Sequencing has been made possible by bioinformatics, using computers to read, store and organise biological data at a faster rate. Utilises algorithms to analyse and interpret this data.
How does DNA sequencing in genome projects work?
Uses the technique of whole-genome-shotgun (WGS) sequencing.
Researchers cut DNA into small, easily sequenced sections and use computer algorithms to align overlapping segments to assemble the whole genome.
Why is genome sequencing important?
Millions of base variations associated with disease have been discovered, medical screening improvements has increased early identification and intervention, and we have established evolutionary links between species.
What is the proteome?
All the proteins produced by a given type of cell/organism at a given time under specified conditions
How difficult is sequencing the proteome of simpler organisms and why?
Relatively easy because most prokaryotes have just 1 circular piece of DNA not associated with histones, and there are no introns like in eukaryotes.

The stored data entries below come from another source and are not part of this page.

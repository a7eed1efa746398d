//! The turn: what a line of a log does to a game.
#![tactic(auto)]

pub mod answers;
pub mod commands;
pub mod dragon;
pub mod finish;
pub mod half_command;
pub mod object_words;
pub mod request;
pub mod revival;
pub mod said_word;
pub mod turns;

pub use base_lines::Meter;
pub use cave_data::Cave;
pub use cave_words::Lexicon;
pub use cave_world::{Out, Part, RowNotes, RuleRow, State, Table, Unnoted};
pub use turn_ends::{max_score, score};
pub use turn_scene::Rules;
pub use turn_text::render;
pub use turns::{Turned, note_rows_on_line, start, take_line, turn};
pub use world_objects::Object;
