ghost use Rattle.std.specs.Prelude.{◌≡◌, Some, None};
ghost use Rattle.cave_turn.specs.declared.said_word.SaidWord.{SaidWord};
ghost use Rattle.turn_scene.specs.Scene.{cave_of, scene_of};
ghost use Rattle.turn_scene.specs.Bounds.{GoesOnSaying};
ghost use Rattle.turn_scene.specs.Rows.{deed, PlaysBy, act_of};
ghost use Rattle.cave_turn.specs.Request.{phrase, said_word, by_object_alone};
ghost use Rattle.cave_turn.specs.Request.{word_alone, word_aloud, by_object_before, word_before};
ghost use Rattle.cave_turn.specs.Request.{object_alone, object_before};
ghost use Rattle.cave_turn.specs.Request.{pours_over, pour_in, word_entered, two_words, read_words};

use crate::half_command::HalfCommand;
use crate::object_words::{ObjectWord, is_verb_of, object_word};
use crate::said_word::SaidWord;
use cave_verbs::Verb;
use cave_words::{Class, Meaning, Named, Word};
use cave_world::{Motion, Part, RowNotes, Table, WordLine};
use data_rows::Role;
use turn_scene::{Rules, Scene, is_liquid, lake, rows};
use world_objects::Object;

/// What a line asks for.
#[derive(Clone, Copy, Debug, PartialEq, Eq)]
pub enum Request {
    /// The cave doesn't have the word.
    Unknown,
    /// The player travels by a motion.
    Motion(u16),
    /// Something is said, and that is all.
    Tell(Part),
    /// The player asks for the knives of the dwarves.
    Knives,
    /// A verb is done to an object, or to none; the word is the one that was just read.
    Act(u16, Object, Word),
    /// The player names an object, and doesn't say what to do with it.
    WhatToDo(Word),
}

/// What was understood of a line, and the half command as the line leaves it.
#[derive(Clone, Copy, Debug, PartialEq, Eq)]
pub struct Understood {
    pub half: HalfCommand,
    pub request: Request,
}

/// What the words of a line say, with what was said before.
#[tactic(auto, unfolding(crate::specs::Request::words_of_line))]
pub fn read_words<N: RowNotes>(
    rules: &Rules<'_>,
    word: Word,
    next: Option<Word>,
    scene: &mut Scene<'_, N>,
) -> Understood
    ensures read { act_of (scene_of N.rows scene.new) result
        ≡ read_words (cave_of rules.now) word next (scene_of N.rows scene.old) }
    ensures says { GoesOnSaying 0 scene.old scene.new }
{
    let half = HalfCommand::of(scene.state.talk);
    let after_say = is_verb_of(Verb::Say, half.verb);
    rows! { scene, Table::Words;
        after_say && next.is_some()
            => {} -> two_words(rules, half.forget_verb(), word, next.unwrap_or(word), scene);
        after_say => {} -> word_aloud(rules, half, &said_word(rules, word), scene);
        next.is_some() => {} -> two_words(rules, half, word, next.unwrap_or(word), scene);
        otherwise => {} -> word_alone(rules, half, &said_word(rules, word), scene);
    }
}

/// What two words say. They are looked up as far as they are read.
#[tactic(auto, unfolding(crate::specs::Request::two_words))]
fn two_words<N: RowNotes>(
    rules: &Rules<'_>,
    half: HalfCommand,
    word: Word,
    next: Word,
    scene: &mut Scene<'_, N>,
) -> Understood
    ensures row { PlaysBy N.rows two_words 0 rules.now (phrase half (said_word (cave_of rules.now)
        word) (Some (said_word (cave_of rules.now) next))) scene.old scene.new result }
{
    rows! { scene, Table::TwoWords;
        word.is(b"ENTER") => {} -> word_entered(rules, half, next, scene);
        let first = said_word(rules, word);
        pours_over(rules, word, next, scene)
            => {} -> word_before(rules, half, &first, &pour_in(rules), scene);
        otherwise => {} -> word_before(rules, half, &first, &said_word(rules, next), scene);
    }
}

/// Whether two words pour a liquid over what is where the player is.
#[tactic(auto, unfolding(crate::specs::Request::pours_over))]
fn pours_over<N: RowNotes>(rules: &Rules<'_>, word: Word, next: Word, scene: &Scene<'_, N>) -> bool
    ensures { (half : HalfCommand) → result ≡ pours_over (deed (cave_of rules.now)
        (phrase half (said_word (cave_of rules.now) word)
        (Some (said_word (cave_of rules.now) next))) (scene_of N.rows scene.now)) }
{
    (word.is(b"WATER") || word.is(b"OIL"))
        && ((next.is(b"PLANT") && scene.state.at(rules.thing(Named::Plant)))
            || (next.is(b"DOOR") && scene.state.at(rules.thing(Named::Door))))
}

fn pour_in(rules: &Rules<'_>) -> SaidWord
    ensures { result ≡ pour_in (cave_of rules.now) }
{
    SaidWord {
        word: Word::of(b"POUR", rules.lexicon.letters()),
        meaning: Some(Meaning {
            class: Class::Action,
            number: Verb::Pour.number(),
        }),
    }
}

/// What a word after ENTER says.
#[tactic(auto, unfolding(crate::specs::Request::word_entered))]
fn word_entered<N: RowNotes>(
    rules: &Rules<'_>,
    half: HalfCommand,
    next: Word,
    scene: &mut Scene<'_, N>,
) -> Understood
    ensures row { (word : SaidWord) → act_of (scene_of N.rows scene.new) result
        ≡ word_entered (deed (cave_of rules.now)
        (phrase half word (Some (said_word (cave_of rules.now) next)))
        (scene_of N.rows scene.old)) }
    ensures says { GoesOnSaying 0 scene.old scene.new }
{
    rows! { scene, Table::WordEntered;
        let into_water = next.is(b"STREA") || next.is(b"WATER");
        into_water && is_liquid(rules.thing(Named::Water), lake(rules, scene.state))
            => {} -> half.says(Role::FeetWet);
        into_water => {} -> half.says(Role::Where);
        otherwise => {} -> word_alone(rules, half, &said_word(rules, next), scene);
    }
}

fn said_word(rules: &Rules<'_>, word: Word) -> SaidWord
    ensures { result ≡ said_word (cave_of rules.now) word }
{
    SaidWord {
        word,
        meaning: rules.meaning(word),
    }
}

/// What an object asks for if no other word follows.
fn by_object_alone<N: RowNotes>(
    rules: &Rules<'_>,
    found: ObjectWord,
    half: HalfCommand,
    word: &SaidWord,
    scene: &Scene<'_, N>,
) -> Understood
    ensures { act_of (scene_of N.rows scene.now) result ≡ by_object_alone found
        (deed (cave_of rules.now) (phrase half word.now None) (scene_of N.rows scene.now)) }
{
    match found {
        ObjectWord::Is(object) => half.take_object(object).acts_by_verb(word.word),
        ObjectWord::Leads(motion) => half.travels(motion),
        ObjectWord::Knives => half.asks_for(Request::Knives),
        ObjectWord::Unseen => {
            half.asks_for(Request::Tell(Part::Word(WordLine::NotSeen, word.word)))
        }
    }
}

fn object_alone<N: RowNotes>(
    rules: &Rules<'_>,
    half: HalfCommand,
    word: &SaidWord,
    scene: &mut Scene<'_, N>,
) -> Understood
    ensures row { PlaysBy N.rows object_alone 0 rules.now (phrase half word.now None) scene.old
        scene.new result }
{
    let found = object_word(rules, &word.object_named(half.verb, true), scene);
    by_object_alone(rules, found, half, word, scene)
}

/// What a word says if no other follows.
#[tactic(auto, unfolding(crate::specs::Request::word_alone))]
#[inline(always)]
fn word_alone<N: RowNotes>(
    rules: &Rules<'_>,
    half: HalfCommand,
    word: &SaidWord,
    scene: &mut Scene<'_, N>,
) -> Understood
    ensures row { PlaysBy N.rows word_alone 0 rules.now (phrase half word.now None) scene.old
        scene.new result }
{
    let number = word.number();
    rows! { scene, Table::WordAlone;
        word.meaning.is_none() => {} -> half.asks_for(Request::Unknown);
        word.means(Class::Motion) => {} -> half.travels(number);
        word.means(Class::Special) => {} -> half.tells_message(number);
        word.means(Class::Object) => {} -> object_alone(rules, half, word, scene);
        word.means(Class::Action) && word.of_action(Verb::Say)
            => {} -> half.asks_for(Request::Act(number, Object::none(), word.word));
        otherwise => {} -> half.take_verb(number).acts_by_verb(word.word);
    }
}

/// What an object asks for if another word follows.
fn by_object_before<N: RowNotes>(
    rules: &Rules<'_>,
    found: ObjectWord,
    half: HalfCommand,
    word: &SaidWord,
    next: &SaidWord,
    scene: &mut Scene<'_, N>,
) -> Understood
    ensures row { PlaysBy N.rows (by_object_before found) 0 rules.now
        (phrase half word.now (Some next.now)) scene.old scene.new result }
{
    match found {
        ObjectWord::Is(object) => word_alone(rules, half.take_object(object), next, scene),
        ObjectWord::Leads(_) | ObjectWord::Knives | ObjectWord::Unseen => {
            by_object_alone(rules, found, half, word, scene)
        }
    }
}

fn object_before<N: RowNotes>(
    rules: &Rules<'_>,
    half: HalfCommand,
    word: &SaidWord,
    next: &SaidWord,
    scene: &mut Scene<'_, N>,
) -> Understood
    ensures row { PlaysBy N.rows object_before 0 rules.now (phrase half word.now (Some next.now))
        scene.old scene.new result }
{
    let found = object_word(rules, &word.object_named(half.verb, false), scene);
    by_object_before(rules, found, half, word, next, scene)
}

/// What a word says if another follows.
#[tactic(auto, unfolding(crate::specs::Request::word_before))]
fn word_before<N: RowNotes>(
    rules: &Rules<'_>,
    half: HalfCommand,
    word: &SaidWord,
    next: &SaidWord,
    scene: &mut Scene<'_, N>,
) -> Understood
    ensures row { PlaysBy N.rows word_before 0 rules.now (phrase half word.now (Some next.now))
        scene.old scene.new result }
{
    let number = word.number();
    rows! { scene, Table::WordBefore;
        word.meaning.is_none() => {} -> half.asks_for(Request::Unknown);
        word.means(Class::Motion) => {} -> half.travels(number);
        word.means(Class::Special) => {} -> half.tells_message(number);
        word.means(Class::Object) => {} -> object_before(rules, half, word, next, scene);
        word.means(Class::Action) && word.of_action(Verb::Say)
            => {} -> word_aloud(rules, half, next, scene);
        otherwise => {} -> word_alone(rules, half.take_verb(number), next, scene);
    }
}

/// What is done if a word is said aloud.
#[tactic(auto, unfolding(crate::specs::Request::word_aloud))]
fn word_aloud<N: RowNotes>(
    rules: &Rules<'_>,
    half: HalfCommand,
    word: &SaidWord,
    scene: &mut Scene<'_, N>,
) -> Understood
    ensures row { PlaysBy N.rows word_aloud 0 rules.now (phrase half word.now None) scene.old
        scene.new result }
{
    rows! { scene, Table::WordAloud;
        word.means(Class::Motion) && (word.of_motion(Motion::Xyzzy)
            || (word.of_motion(Motion::Plugh) || word.of_motion(Motion::Plover)))
            => {} -> word_alone(rules, half, word, scene);
        word.means(Class::Action) && word.of_action(Verb::Foo)
            => {} -> word_alone(rules, half, word, scene);
        otherwise => {} -> half.asks_for(Request::Tell(Part::Word(WordLine::Okay, word.word)));
    }
}
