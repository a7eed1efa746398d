ghost use Rattle.std.specs.Prelude.{◌≡◌, ◌==◌, Some};
ghost use Rattle.cave_world.specs.Motions.{motion_number};
ghost use Rattle.cave_world.specs.Called.{or_no_object};
ghost use Rattle.cave_verbs.specs.Verbs.{verb_number};
ghost use Rattle.cave_turn.specs.Request.{is_of, number_of};

use crate::object_words::NamedObject;
use cave_verbs::Verb;
use cave_words::{Class, Meaning, Word};
use cave_world::{Motion, or_no_object};

/// A word, and what it means.
#[derive(Clone, Copy, Debug, PartialEq, Eq)]
pub struct SaidWord {
    pub word: Word,
    pub meaning: Option<Meaning>,
}

impl SaidWord {
    /// Whether the word is of a class.
    pub(crate) fn means(&self, class: Class) -> bool
        ensures { result ≡ is_of class self.now }
    {
        match self.meaning {
            Some(meaning) => meaning.class == class,
            None => false,
        }
    }

    /// The number of the word in its class.
    pub(crate) fn number(&self) -> u16
        ensures { result ≡ number_of self.now }
    {
        match self.meaning {
            Some(meaning) => meaning.number,
            None => 0,
        }
    }

    pub(crate) fn of_motion(&self, motion: Motion) -> bool
        ensures { result ≡ (number_of self.now == motion_number motion) }
    {
        self.number() == motion.number()
    }

    pub(crate) fn of_action(&self, verb: Verb) -> bool
        ensures { result ≡ (number_of self.now == verb_number verb) }
    {
        self.number() == verb.number()
    }

    /// The object that the word names, with the verb that was said before.
    pub(crate) fn object_named(&self, verb: Option<u16>, is_alone: bool) -> NamedObject
        ensures { result ≡ record {
          object = or_no_object (Some (number_of self.now));
          verb = verb;
          is_alone = is_alone;
        } }
    {
        NamedObject {
            object: or_no_object(Some(self.number())),
            verb,
            is_alone,
        }
    }
}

Why is knowing the proteome of prokaryotes important?
The antigens produced by pathogens can be used in vaccines, and genes from organisms that can withstand toxic/extreme environments can be used in biofuels or to clean pollutants.
How difficult is sequencing the proteome of complex organisms and why?
Much harder to to translate knowledge of the genome to the proteome, because the genome contains introns as well as genes that have a role in regulating other genes.
A problem with the human proteome project is deciding whose DNA is used for the mapping, as all individuals have different base sequences.